El secreto de la luna grande
Dedicado a Silvia Cuevas-Morales y Eusebio que adivinaron dónde estaba de vacaciones en una escapada pre-otoñal.
2º Premio cuento de la UAM 2017
Vera Moreno
La señora Brígida tenía una verruga en la cara: por ahí le entraban y le salían los muertos. A su marido le mataron después de la guerra, cuando volvía a su pueblo a ver a los suyos porque decía, pensaba, que él no había hecho nada malo. Dicen que fue por donde las eras, pero no fue ningún Valdeverdejo, sino de Torrico, de la raíz misma de su pueblo. Le trincaron con un tridente afilado de madera, y no separaron el trigo de la paja, sino que le entraron por las vísceras y la punta del tenedor gigante vio el sol a través de su costado. Un hilillo, que se encauzó en reguero de sangre, quedó tras sus pasos. Cuando alcanzó a su padre dijo: me han reventao por dentro, padre.

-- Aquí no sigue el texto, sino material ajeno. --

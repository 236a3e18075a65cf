//! Readers and writers that take pieces, and fail once. They go on afterwards, and count who asks them still.

use std::io;
use std::io::{Read, Write};

/// Gives some bytes, at first a given number and then a piece at a time; then it fails once and gives others, or it ends.
#[derive(Drop)]
pub struct Pieces<'a> {
    bytes: &'a [u8],
    first: usize,
    piece: usize,
    fault: Option<(io::ErrorKind, &'a [u8])>,
    is_over: bool,
    /// How many calls came after it had failed or ended.
    pub late: u32,
}

impl<'a> Pieces<'a> {
    pub fn new(
        bytes: &'a [u8],
        (first, piece): (usize, usize),
        fault: Option<(io::ErrorKind, &'a [u8])>,
    ) -> Self {
        Pieces {
            bytes,
            first,
            piece,
            fault,
            is_over: false,
            late: 0,
        }
    }
}

impl Read for Pieces<'_> {
    fn read(&mut self, buf: &mut [u8]) -> io::Result<usize> {
        if self.is_over {
            self.late = self.late.saturating_add(1);
        }
        self.is_over = self.is_over || self.bytes.is_empty();
        if let (Some((fault, rest)), true) = (self.fault, self.bytes.is_empty()) {
            self.fault = None;
            self.bytes = rest;
            return Err(io::Error::from(fault));
        }
        let n = self.first.min(buf.len());
        self.first = self.piece;
        self.bytes.read(&mut buf[..n])
    }
}

/// Takes some bytes, thirty at a time at most; then it fails or takes none, once, and takes others.
#[derive(Drop)]
pub struct Narrow {
    pub taken: Vec<u8>,
    room: usize,
    fault: Option<io::ErrorKind>,
    is_over: bool,
    /// How many calls came after it had failed or taken none.
    pub late: u32,
}

impl Narrow {
    /// Keeps what it takes after what is here already.
    pub fn new(taken: Vec<u8>, room: usize, fault: Option<io::ErrorKind>) -> Self {
        Narrow {
            taken,
            room,
            fault,
            is_over: false,
            late: 0,
        }
    }
}

impl Write for Narrow {
    fn write(&mut self, buf: &[u8]) -> io::Result<usize> {
        if self.is_over {
            self.late = self.late.saturating_add(1);
            return self.taken.write(buf);
        }
        let n = self.room.min(buf.len()).min(30);
        self.room -= n;
        self.is_over = n == 0;
        match self.fault {
            Some(fault) if n == 0 => Err(io::Error::from(fault)),
            _ => self.taken.write(&buf[..n]),
        }
    }

    fn flush(&mut self) -> io::Result<()> {
        Ok(())
    }
}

Cosía la señora Brígida, cosía y cosía para sacar adelante a su familia desmembrada: lagartera, mi niña, lagartera. Con manos de plata y ojos de barro cosía de memoria, siguiendo al tacto las hebras y la tela. Sus dedos de hilandera todo lo sabían. Finas puntadas, certeras sobre el tejido, y no sobre el cuerpo, para unir ausencias, para crear belleza y no para destrozar la infancia de unos hijos que nada entendían de la guerra, apenas el hambre, y unos jerséis que picaban como rayos, que enviaron los americanos gracias a Franco, decían.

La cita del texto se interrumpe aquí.